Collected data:
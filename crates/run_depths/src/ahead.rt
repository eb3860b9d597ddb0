// How far on the followers of an event stand.
ghost use Rattle.std.specs.Prelude.{◌≡◌, ◌+◌, ◌<◌, ◌≤◌, length, IfOk, slice_get, Some};
ghost use Rattle.runs.specs.Live.{IsLive};
ghost use Rattle.run_depths.specs.Depths.{AreAhead, ListsAhead, StandsAt};

use dependence::Live;
use std::alloc::{AllocError, Global};
use syntax::Items;

/// For each live event, at its index counted from 0 in order of tickets, how many events further on each of its
/// followers stands.
///
/// It is an error if there is no memory.
pub fn all_ahead(alloc: Global, live: &Live) -> Result<Items<Items<usize>>, AllocError>
    ensures { IfOk result (λ rows. AreAhead live.now.live rows) }
{
    live.is_sound();
    let mut rows = Items::with_capacity(alloc, live.len())?;
    for (index, (ticket, _)) in live.iter().enumerate() {
        rows.push(ahead_of(alloc, live, index, ticket)?)?;
    }
    Ok(rows)
}

/// How many events further on than the index each follower of the event of this ticket stands, which stands there.
fn ahead_of(
    alloc: Global,
    live: &Live,
    index: usize,
    ticket: u64,
) -> Result<Items<usize>, AllocError>
    requires { StandsAt live.now.live ticket index }
    ensures { IfOk result (λ ahead. ListsAhead live.now.live index ticket ahead) }
{
    live.is_sound();
    let mut ahead = Items::new(alloc);
    let followers = live.followers(ticket);
    for follower in followers {
        ahead.push(distance(live, index, ticket, *follower))?;
    }
    Ok(ahead)
}

/// How many events further on than the index the live event of a ticket stands, which is greater than that of the event
/// at the index.
fn distance(live: &Live, index: usize, ticket: u64, follower: u64) -> usize
    requires stands { StandsAt live.now.live ticket index }
    requires live { IsLive live.now.live follower }
    requires later { ticket < follower }
    ensures { StandsAt live.now.live follower (index + result) }
{
    live.is_sound();
    match live.index_of(follower) {
        Some(other) => other - index,
        None => unreachable!(),
    }
}
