//! The row of each live event in a picture, which is the length of the longest chain of events that led to it, how far
//! on its followers stand, and the orders that only a shared variable makes.
#![tactic(auto)]

mod ahead;
mod depth;
mod held;
mod races;
mod since;

pub use ahead::all_ahead;
pub use depth::depths_of;
pub use held::{HeldPlaces, held_places, since_now};
pub use races::{Race, races_of};
pub use since::all_since;
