impl Rules {
    ghost use Rattle.std.specs.Prelude.{◌≡◌, ◌<◌, [], ◌∷◌, length, map, option_map, slice_get, IfSome};
    ghost use Rattle.at_model.specs.Machine.{parameters_of, takes_numbers};
    ghost use Rattle.at_model.specs.Rules.{attribute_asked, attribute_name, attribute_named, first_answer, inherited_equation, is_inherited, is_lazy, name_by, own_equation, own_in, plain_name, start_of};
    ghost use Rattle.at_rules.specs.Bodies.{body_view, kind_view};
    ghost use Rattle.at_rules.specs.RulesView.{attribute_view, own_view, inherited_view, named};
    ghost use Rattle.at_rules.specs.Upward.{result_of};

    /// The rules of these attributes and equations over the classes, where these are the names by their
    /// numbers. Where memory is wanting for the tables of what is found upward, look-ups climb.
    pub fn new(
        alloc: Global,
        classes: ClassTable,
        names: IndexSet<String>,
        equations: Equations,
    ) -> Rules
        ensures classes { result.classes ≡ classes }
        ensures attributes { result.attributes ≡ map (attribute_view names.keys) equations.attributes.entries }
        ensures own { result.own ≡ map own_view equations.own.entries }
        ensures inherited { result.inherited ≡ map (inherited_view names.keys) (named names.keys equations.inherited.entries) }
    {
        let bodies = Dispatch::new(
            alloc,
            &classes,
            &equations.own,
            equations.attributes.len(),
            Precedence::Nearest,
        );
        let declared = Dispatch::new(
            alloc,
            &classes,
            &equations.attributes,
            names.len(),
            Precedence::Earliest,
        );
        let holders = Holders::of(alloc, &classes, &equations.inherited, names.len());
        let guesses = Guesses::of(alloc, &names);
        let counted = Counted::of(alloc, &names);
        Rules {
            classes,
            names,
            guesses,
            equations,
            bodies,
            declared,
            holders,
            counted,
        }
    }

    /// The classes, the names by their numbers, and the attributes and equations: what rules are made of.
    pub fn into_parts(self) -> (ClassTable, IndexSet<String>, Equations)
        ensures classes { result.0 ≡ self.classes }
        ensures attributes { map (attribute_view result.1.keys) result.2.attributes.entries ≡ self.attributes }
        ensures own { map own_view result.2.own.entries ≡ self.own }
        ensures inherited { map (inherited_view result.1.keys) (named result.1.keys result.2.inherited.entries) ≡ self.inherited }
    {
        let Rules {
            classes,
            names,
            guesses: _,
            equations,
            bodies: _,
            declared: _,
            holders: _,
            counted: _,
        } = self;
        (classes, names, equations)
    }

    /// The classes.
    pub fn classes(&self) -> &ClassTable
        ensures { result.now ≡ self.now.classes }
    {
        &self.classes
    }

    /// How many attributes are declared: their numbers are those below.
    pub fn len(&self) -> usize
        ensures { result ≡ length self.now.attributes }
    {
        self.equations.attributes.len()
    }

    /// The attribute of that name that the class or one above it declares: the first one among the
    /// declarations. Of the name without characters, which no attribute has, nothing is said.
    pub fn attribute(&self, class: ClassId, name: &str) -> Option<AttrId>
        ensures within { IfSome result (λ a. a < length self.now.attributes) }
        ensures named { (name.now ≡ [] → ⊥) → result ≡ attribute_named self.now class name.now }
    {
        let name = number_named(&self.names, &self.guesses, name)?;
        let position = declared_up(
            &self.declared,
            &self.classes,
            &self.equations.attributes,
            class,
            name,
        )?;
        Some(AttrId::new(position))
    }

    /// The attribute that a question by that name with so many arguments is of. Of several of that name it is the one with as many
    /// parameters, if there is one. Of the name without characters nothing is said.
    #[inline(always)]
    pub fn attribute_asked(&self, class: ClassId, name: &str, count: usize) -> Option<AttrId>
        ensures within { IfSome result (λ a. a < length self.now.attributes) }
        ensures named { (name.now ≡ [] → ⊥) → result ≡ attribute_asked self.now class name.now count }
    {
        if self.counted.are_none() {
            return self.attribute(class, name);
        }
        self.attribute_among(class, name, count)
    }

    /// The same, where attributes are overloaded.
    #[inline(never)]
    fn attribute_among(&self, class: ClassId, name: &str, count: usize) -> Option<AttrId>
        ensures within { IfSome result (λ a. a < length self.now.attributes) }
        ensures named { (name.now ≡ [] → ⊥) → result ≡ attribute_asked self.now class name.now count }
    {
        if let Some(found) = self.attribute_by(class, name, count) {
            return Some(found);
        }
        if let Some(found) = self.attribute(class, name) {
            return Some(found);
        }
        self.attribute_by_any(class, name)
    }

    /// The first attribute that is overloaded by that name, by the number of its parameters.
    fn attribute_by_any(&self, class: ClassId, name: &str) -> Option<AttrId>
        ensures within { IfSome result (λ a. a < length self.now.attributes) }
        ensures named { result ≡ first_answer (λ count. attribute_named self.now class (name_by name.now count)) (0 ∷ 1 ∷ 2 ∷ 3 ∷ 4 ∷ []) }
    {
        for count in 0..5 {
            if let Some(found) = self.attribute_by(class, name, count) {
                return Some(found);
            }
        }
        None
    }

    /// The attribute that is overloaded by that name and has so many parameters.
    fn attribute_by(&self, class: ClassId, name: &str, count: usize) -> Option<AttrId>
        ensures within { IfSome result (λ a. a < length self.now.attributes) }
        ensures named { result ≡ attribute_named self.now class (name_by name.now count) }
    {
        let name = self.counted.number(&self.names, name, count)?;
        let position = declared_up(
            &self.declared,
            &self.classes,
            &self.equations.attributes,
            class,
            name,
        )?;
        Some(AttrId::new(position))
    }

    /// Whether an attribute has ints or booleans as parameters.
    pub fn takes_numbers(&self) -> bool
        ensures { result ≡ takes_numbers self.now }
    {
        have_numbers(&self.equations.attributes)
    }

    /// The kinds of the attribute's parameters.
    pub fn params(&self, attribute: AttrId) -> &[Kind]
        ensures { map kind_view result.now ≡ parameters_of self.now attribute }
    {
        match self.equations.attributes.get_index(attribute.index()) {
            Some((_, declared)) => &declared.params,
            None => &[],
        }
    }

    /// The kind of the attribute's values.
    pub fn result_kind(&self, attribute: AttrId) -> Kind
        ensures { kind_view result ≡ result_of self.now attribute }
    {
        match self.equations.attributes.get_index(attribute.index()) {
            Some((_, declared)) => declared.result,
            None => Kind::Int,
        }
    }

    /// The attribute's name; nothing for a number that no attribute has.
    pub fn name_of(&self, attribute: AttrId) -> &str
        ensures { result.now ≡ attribute_name self.now attribute }
    {
        match self.equations.attributes.get_index(attribute.index()) {
            Some((key, _)) => text_at(&self.names, key.1),
            None => "",
        }
    }

    /// The attribute's name as lines and replies have it, without the number by which it is overloaded.
    pub fn told_name(&self, attribute: AttrId) -> &str
        ensures { result.now ≡ plain_name (attribute_name self.now attribute) }
    {
        to_slash(self.name_of(attribute))
    }

    /// The class that declares the attribute; none for a number that no attribute has.
    pub fn class_of(&self, attribute: AttrId) -> Option<ClassId>
        ensures { result ≡ option_map (λ a. a.class) (slice_get self.now.attributes attribute) }
    {
        match self.equations.attributes.get_index(attribute.index()) {
            Some((key, _)) => Some(ClassId::new(key.0)),
            None => None,
        }
    }

    /// Whether the values of the attribute are kept; `false` for a number that no attribute has.
    pub fn is_lazy(&self, attribute: AttrId) -> bool
        ensures { result ≡ is_lazy self.now attribute }
    {
        match self.equations.attributes.get_index(attribute.index()) {
            Some((_, declared)) => declared.is_lazy,
            None => false,
        }
    }

    /// The value from which the attribute starts, where it is circular; none for a number that no attribute has.
    pub fn start_of(&self, attribute: AttrId) -> Option<bool>
        ensures { result ≡ start_of self.now attribute }
    {
        match self.equations.attributes.get_index(attribute.index()) {
            Some((_, declared)) => declared.start,
            None => None,
        }
    }

    /// Whether the equations of the attribute stand above its nodes; `false` for a number that no attribute
    /// has.
    pub fn is_inherited(&self, attribute: AttrId) -> bool
        ensures { result ≡ is_inherited self.now attribute }
    {
        match self.equations.attributes.get_index(attribute.index()) {
            Some((_, declared)) => declared.is_inherited,
            None => false,
        }
    }

    /// The body of the equation that nodes of the class have for an attribute of their own: that of the first
    /// class upward that has one.
    #[inline(always)]
    pub fn own_body(&self, class: ClassId, attribute: AttrId) -> Option<&Body>
        ensures { option_map (λ b. body_view b.now) result ≡ own_equation self.now class attribute }
    {
        match self.bodies.cell(class, attribute.index()) {
            Some(cell) => body_at(&self.equations.own, cell.position()),
            None => self.own_above(class, attribute),
        }
    }

    /// The same, where the table says nothing.
    fn own_above(&self, class: ClassId, attribute: AttrId) -> Option<&Body>
        ensures { option_map (λ b. body_view b.now) result ≡ own_equation self.now class attribute }
    {
        self.classes
            .first_upward(class, |above| self.own_in(above, attribute))
    }

    /// The body of the equation that the class itself has for the attribute.
    pub fn own_in(&self, class: ClassId, attribute: AttrId) -> Option<&Body>
        ensures { option_map (λ b. body_view b.now) result ≡ own_in self.now attribute class }
    {
        self.equations.own.get(&(class.index(), attribute.index()))
    }

    /// The body of the equation that nodes of the class have for that inherited attribute of the nodes in a
    /// component: in the first class upward that has one, the one for the component before the one for each.
    pub fn inherited_body(&self, class: ClassId, part: usize, attribute: AttrId) -> Option<&Body>
        ensures { option_map (λ b. body_view b.now) result ≡ inherited_equation self.now class part (attribute_name self.now attribute) }
    {
        let name = name_number(&self.names, &self.equations.attributes, attribute)?;
        inherited_up(
            &self.holders,
            &self.classes,
            &self.equations.inherited,
            class,
            part,
            name,
        )
    }
}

EXERCISE DESCRIPTION :: Beginning at the line above with "booleans as parameters." and finishing at the line with "pub fn params(&self, attribute: AttrId)", return each line exactly and return nothing else.

ANSWER TO THIS TASK ::
    /// Whether an attribute has ints or booleans as parameters.
    pub fn takes_numbers(&self) -> bool
        ensures { result ≡ takes_numbers self.now }
    {
        have_numbers(&self.equations.attributes)
    }

    /// The kinds of the attribute's parameters.
    pub fn params(&self, attribute: AttrId) -> &[Kind]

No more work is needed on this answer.